From the Desk of Editor in Chief
Padma Shri and Dr B C Roy National Awardee

Dr KK Aggarwal
President, Heart Care Foundation of India; Sr Consultant Physician, Cardiologist and Dean Medical Education Moolchand Medcity; Chairman Ethical Committee Delhi Medical Council; Chairman (Delhi Chapter) International Medical Sciences Academy; Hony Director IMA AKN Sinha Institute (08–09); Hony Finance Secretary National IMA (07–08); Chairman IMA Academy of Medical Specialties (06–07); President Delhi Medical Association (05–06), President IMA New Delhi Branch (94–95, 02–04); Editor in Chief IJCP Group of Publications & Hony.
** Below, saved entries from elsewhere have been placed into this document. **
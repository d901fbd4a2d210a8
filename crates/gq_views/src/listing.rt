// Programs as text.
ghost use Rattle.std.specs.Prelude.{◌≡◌, ◌≤◌, ◌+◌, ◌++◌, ◌∷◌, [], OnOk, IfOk};
ghost use Rattle.gq_model.specs.machine.Program.{size};
ghost use Rattle.gq_model.specs.texts.Code.{greatest_statements};
ghost use Rattle.gq_model.specs.machine.Sections.{section_word};
ghost use Rattle.gq_program.specs.Statement_trees.{tree_of};
ghost use Rattle.gq_views.specs.internal.Section_statement_counts.{total};
ghost use Rattle.gq_views.specs.Listing.{instruction_text, joined, line, listing, locals_lines, loop_text, other_lines, sections_lines, statements_lines};

use crate::instruction_text::push_instruction;
use crate::view_words::{end_line, push_amount, push_indent, push_line, push_number};
use gq_model::program::Instruction;
use gq_model::section::Section;
use gq_program::program_tree::{Body, Program, Statement};
use std::alloc::{AllocError, Global};

// The line of a statement without statements in it.
pub(crate) fn push_plain(
    text: &mut Vec<u8>,
    depth: usize,
    instruction: &Instruction,
) -> Result<(), AllocError>
    ensures { OnOk result (text.new.items ≡ text.old.items ++ line depth (instruction_text instruction.now)) }
{
    push_indent(text, depth)?;
    push_instruction(text, instruction)?;
    end_line(text)
}

// The first line of a loop.
pub(crate) fn push_loop(text: &mut Vec<u8>, depth: usize, count: u16) -> Result<(), AllocError>
    ensures { OnOk result (text.new.items ≡ text.old.items ++ line depth (loop_text count)) }
{
    push_indent(text, depth)?;
    text.extend_from_slice(b"loop ")?;
    push_number(text, u64::from(count))?;
    end_line(text)
}

// The lines of the second arm of an `if`: none where it does nothing.
#[cycle(statements)]
fn push_other(text: &mut Vec<u8>, depth: usize, other: &Body) -> Result<(), AllocError>
    requires { depth + 1 + size other.now ≤ 65536 }
    ensures { OnOk result (text.new.items ≡ text.old.items ++ joined (other_lines depth other.now (statements_lines (depth + 1) other.now))) }
{
    if other.statements().is_empty() {
        return Ok(());
    }
    push_line(text, depth, b"else")?;
    push_body(text, depth + 1, other)
}

// The lines of a statement, and of those in it.
#[cycle(statements)]
fn push_statement(text: &mut Vec<u8>, depth: usize, statement: &Statement) -> Result<(), AllocError>
    requires { depth + size (tree_of (statement.now ∷ [])) ≤ 65536 }
    ensures { OnOk result (text.new.items ≡ text.old.items ++ joined (statements_lines depth (tree_of (statement.now ∷ [])))) }
{
    match statement {
        Statement::Plain(instruction) => push_plain(text, depth, instruction),
        Statement::If(arm, other) => {
            push_line(text, depth, b"if")?;
            push_body(text, depth + 1, arm)?;
            push_other(text, depth, other)?;
            push_line(text, depth, b"end")
        }
        Statement::Loop(count, body) => {
            push_loop(text, depth, *count)?;
            push_body(text, depth + 1, body)?;
            push_line(text, depth, b"end")
        }
    }
}

// The lines of the statements of a list.
#[cycle(statements)]
fn push_body(text: &mut Vec<u8>, depth: usize, body: &Body) -> Result<(), AllocError>
    requires { depth + size body.now ≤ 65536 }
    ensures { OnOk result (text.new.items ≡ text.old.items ++ joined (statements_lines depth body.now)) }
{
    for statement in body.statements() {
        push_statement(text, depth, statement)?;
    }
    Ok(())
}

/// Puts the heading of a section at the end of a text. Refused only if the host refuses memory.
pub fn push_heading(text: &mut Vec<u8>, section: Section) -> Result<(), AllocError>
    ensures { OnOk result (text.new.items ≡ text.old.items ++ section_word section) }
{
    let kind = section.kind();
    text.extend_from_slice(kind.word().as_bytes())?;
    match kind.levels() {
        None => Ok(()),
        Some(_) => {
            text.push(b' ')?;
            push_number(text, u64::from(section.level()))
        }
    }
}

// The lines of a section.
fn push_section(text: &mut Vec<u8>, section: Section, body: &Body) -> Result<(), AllocError>
    requires { size body.now ≤ 4096 }
    ensures { OnOk result (text.new.items ≡ text.old.items ++ joined (sections_lines ((section, body.now) ∷ []))) }
{
    push_heading(text, section)?;
    end_line(text)?;
    push_body(text, 1, body)?;
    push_line(text, 0, b"end")
}

// The lines of the sections.
fn push_sections(text: &mut Vec<u8>, sections: &[(Section, Body)]) -> Result<(), AllocError>
    requires { total sections.now ≤ greatest_statements }
    ensures { OnOk result (text.new.items ≡ text.old.items ++ joined (sections_lines sections.now)) }
{
    for (section, body) in sections {
        push_section(text, *section, body)?;
    }
    Ok(())
}

// The line of a local: its greatest value, where it is reported.
pub(crate) fn push_local(text: &mut Vec<u8>, place: usize, greatest: u32) -> Result<(), AllocError>
    ensures { OnOk result (text.new.items ≡ text.old.items ++ joined (locals_lines place (greatest ∷ []))) }
{
    if greatest == u32::MAX {
        return Ok(());
    }
    text.extend_from_slice(b"local ")?;
    push_number(text, place as u64)?;
    push_amount(text, u64::from(greatest))?;
    end_line(text)
}

// The lines of the locals.
fn push_locals(text: &mut Vec<u8>, locals: &[u32]) -> Result<(), AllocError>
    ensures { OnOk result (text.new.items ≡ text.old.items ++ joined (locals_lines 0 locals.now)) }
{
    for (place, greatest) in locals.iter().enumerate() {
        push_local(text, place, *greatest)?;
    }
    Ok(())
}

/// The text of a program: a line for each local whose greatest value is reported, then each section with its statements, a line each, two blanks deeper in each
/// block. It is assembled as that program (`laws`). Refused only if the host refuses memory.
pub fn listing(alloc: Global, program: &Program) -> Result<Vec<u8>, AllocError>
    ensures { IfOk result (λ text. text.items ≡ listing program.now) }
{
    program.laws();
    let mut text = Vec::new(alloc);
    push_locals(&mut text, program.locals())?;
    push_sections(&mut text, program.sections())?;
    Ok(text)
}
Visiting Professor (Clinical Research) DIPSAR

  Editorial ...

16th September, 2010, Thursday

For regular emedinews updates follow at www.twitter.com/DrKKAggarwal

Can Ayurvedic Doctors Practice Modern Medicine

Indian System of Medicine – Notification of Ayurveda, Siddha, and Unani Tibb

Registered Medical Practitioners as persons practicing the modern scientific system of medicine under the Drugs and Cosmetics Rules, 1945 – Orders – Issued.
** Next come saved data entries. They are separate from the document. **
// An accepted scenario with all that is reported of it: its leaves, the services that each opens, and what each uses at most.
ghost use Rattle.std.specs.Prelude.{◌≡◌, ◌<◌, ◌≤◌, ◌^◌, [], IfOk, length, map, option_map, slice_get};
ghost use Rattle.gq_model.specs.machine.Routes as routes;
ghost use Rattle.gq_model.specs.machine.Scenario as model;
ghost use Rattle.gq_model.specs.machine.Scenario.{system};
ghost use Rattle.gq_model.specs.rules.Accept as accept;
ghost use Rattle.gq_model.specs.rules.Use.{services_in};
ghost use Rattle.gq_laws.specs.Ready.{IsReady};
ghost use Rattle.gq_views.specs.internal.Opened_services.{IsDrawn, opened_at, opened_by, opened_by_all, opened_by_table, started_after};
ghost use Rattle.gq_views.specs.internal.Table_leaves.{leaf_of};
ghost use Rattle.gq_views.specs.Tree.{first_of_each, server_label};
ghost use Rattle.gq_scenario.specs.Component_trees.{version_number};

use crate::table_leaf::TableLeaf;
use gq_load::budget::Budget;
use gq_model::program::Name;
use gq_program::program_tree::Program;
use gq_resolve::NodeTable;
use gq_resolve::opened_services::{once, opened};
use gq_scenario::component_tree::copied;
use gq_scenario::scenario::{LeafNo, Scenario, Version};
use std::alloc::{AllocError, Global};
use std::marker::Model;

// A service that a leaf opens, with the leaf that serves it.
pub(crate) type Opened = (Name, Option<LeafNo>);

// The services that a program opens, each once, in the order of the text.
fn services_of(alloc: Global, program: &Program) -> Result<Vec<Name>, AllocError>
    ensures { IfOk result (λ s. s.items ≡ first_of_each [] (services_in program.now.sections)) }
{
    let all = opened(alloc, program)?;
    let each = once(alloc, all.as_slice());
    drop(all);
    each
}

// These services of a leaf, each with the leaf that serves it.
fn with_servers(
    alloc: Global,
    client: &TableLeaf<'_>,
    services: &[Name],
) -> Result<Vec<Opened>, AllocError>
    ensures { IfOk result (λ l. l.items ≡ opened_by_table client.now services.now) }
{
    let mut all = Vec::new(alloc);
    for service in services {
        all.push((copied(service), client.server(service)))?;
    }
    Ok(all)
}

// The services that a leaf opens, each once, with the leaf that serves it.
fn leaf_opened(alloc: Global, client: &TableLeaf<'_>) -> Result<Vec<Opened>, AllocError>
    ensures { IfOk result (λ l. l.items ≡ opened_by client.now.all client.now.component) }
{
    let services = services_of(alloc, client.program())?;
    let opened = with_servers(alloc, client, services.as_slice());
    drop(services);
    opened
}

// Those of all leaves.
fn all_opened(alloc: Global, table: &NodeTable) -> Result<Vec<Vec<Opened>>, AllocError>
    requires { IsReady table.now }
    ensures { IfOk result (λ l. map (λ v. v.items) l.items ≡ opened_by_all (model.components table.now) (model.components table.now)) }
{
    let mut all = Vec::new(alloc);
    for number in 0..table.leaf_count() {
        let client = TableLeaf::new(table, LeafNo::new(number as u32));
        all.push(leaf_opened(alloc, &client)?)?;
    }
    Ok(all)
}

// What is reported of an accepted scenario.
#[derive(Drop)]
pub(crate) struct Drawn<'a> {
    table: &'a NodeTable,
    opened: Vec<Vec<Opened>>,
    budgets: &'a [Budget],
}

impl<'a> Model for Drawn<'a> {
    ghost use Rattle.std.specs.Prelude.{map};
    ghost use Rattle.std.specs.Coded.{codes};
    ghost use Rattle.gq_model.specs.machine.Scenario.{Scenario};
    ghost use Rattle.gq_model.specs.internal.Stored.{statements_code, nodes_code};
    ghost use Rattle.gq_views.specs.internal.Opened_services.{IsDrawn};

    ghost Value = { Scenario };

    ghost coded = { Prim.hlevel (codes, nodes_code (Prim.hlevel (codes, statements_code (Prim.hlevel codes))) (Prim.hlevel codes)) };

    ghost view = { λ d. d.table.now };

    ghost invariant = { λ d. IsDrawn d.table.now (map (λ v. v.items) d.opened.items) d.budgets.now };
}

impl<'a> Drawn<'a> {
    // What is reported of the scenario of a table, whose leaves have these budgets.
    pub(crate) fn of(
        alloc: Global,
        table: &'a NodeTable,
        budgets: &'a [Budget],
    ) -> Result<Drawn<'a>, AllocError>
        requires ready { IsReady table.now }
        requires budgets { budgets.now ≡ accept.budgets table.now }
        ensures { IfOk result (λ d. d ≡ table.now) }
    {
        let opened = all_opened(alloc, table)?;
        Ok(Drawn {
            table,
            opened,
            budgets,
        })
    }

    // The scenario.
    pub(crate) fn scenario(&self) -> &Scenario
        ensures { result.now ≡ self.now }
    {
        self.table.scenario()
    }

    // Its version.
    pub(crate) fn version(&self) -> Version
        ensures { version_number result ≡ self.now.version }
    {
        self.table.scenario().version()
    }

    // The number of its leaves.
    pub(crate) fn leaf_count(&self) -> usize
        ensures count { result ≡ length (model.components self.now) }
        ensures few { result ≤ 64 }
    {
        self.table.leaf_count()
    }

    // The label of a server, if there is one.
    pub(crate) fn label(&self, server: Option<LeafNo>) -> &[u8]
        ensures { result.now ≡ server_label (system self.now) server }
    {
        match server {
            Some(leaf) => {
                if leaf.index() < self.table.leaf_count() {
                    self.table.label(self.table.node(leaf))
                } else {
                    &[]
                }
            }
            None => &[],
        }
    }

    // The services that the leaf at this place opens, each with the leaf that serves it.
    pub(crate) fn opened(&self, place: usize) -> &[Opened]
        ensures { result.now ≡ opened_at self.now place }
    {
        match self.opened.get(place) {
            Some(opened) => opened.as_slice(),
            None => &[],
        }
    }

    // What the leaf at this place uses at most.
    pub(crate) fn budget(&self, place: usize) -> Option<&Budget>
        ensures { option_map (λ b. b.now) result ≡ slice_get (accept.budgets self.now) place }
    {
        self.budgets.get(place)
    }

    // The leaf that the leaf at this place starts after.
    pub(crate) fn after(&self, place: usize) -> Option<LeafNo>
        requires { place < length (model.components self.now) }
        ensures { result ≡ started_after self.now (slice_get (model.components self.now) place) }
    {
        let _leaves = self.table.leaf_count();
        self.table.after(LeafNo::new(place as u32))
    }
}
HEALTH AND FAMILY WELFARE (IM 2-2) DEPARTMENT: The following Notification published in the Tamil Nadu Government Gazettee.

NOTIFICATION:  WHEREAS, the rights of practitioners of Indian System of Medicine are protected under section 17(3) (b) of the Indian Medicine Central Council Act, 1970 (Central Act 48 of 1970);

AND WHEREAS, as per section 2 (1) (e) of the said Act, "Indian Medicine" means the system of Indian Medicine commonly known as Ashtang Ayurveda, Siddha or Unani Tibb whether supplemented or not by such modern advances, as the Central Council of Indian Medicine may declare by notification from time to time;  AND WHEREAS, the Central Council of Indian Medicine in its Notification F.No.28-5/2004-AY.(MM), dated the 19th May 2004, has clarified that the word “Modern Advances” in clause (e) of section 2 (1) of the said Act as advances made in the various branches of modern scientific medicine in all its branches of internal medicine, surgery, gynaecology and obstetrics, anesthesiology, diagnostic procedures and other technological innovation made from time to time and declare that the courses and curriculum conducted and recognized by the Central Council of Indian Medicine are supplemented with such modern advances; AND WHEREAS, the Central Council of Indian Medicine has improved and strengthened the syllabus of Indian Medicine by including subjects with regard to National Programmes like National Malaria Eradication programmes, Tuberculosis, Leprosy, Family Welfare Programme, Reproductive and Child Health Programme, Immunisation Programme, AIDS, Cancer etc; Now, THEREFORE, under sub - clause (iii) of clause (ee) of rule 2 of the Drugs and Cosmetics Rules, 1945 the Governor of Tamil Nadu hereby declares every registered medical practitioner holding the qualifications specified in the second, third or fourth Schedule to the Indian Medicine Central Council Act, 1970 (Central Act 48 of 1970) and Part III of the Schedule to the Tamil Nadu Siddha System of Medicine (Development and Registration of Practitioners) Act , 1997 (Tamil Nadu Act 34 of 1997) and registered in the Medical Register of the State maintained under the aforesaid Acts, as a person practicing the modern scientific system of medicine for the purposes of the Drugs and Cosmetics Act, 1940 (Central Act 23 of 1940.)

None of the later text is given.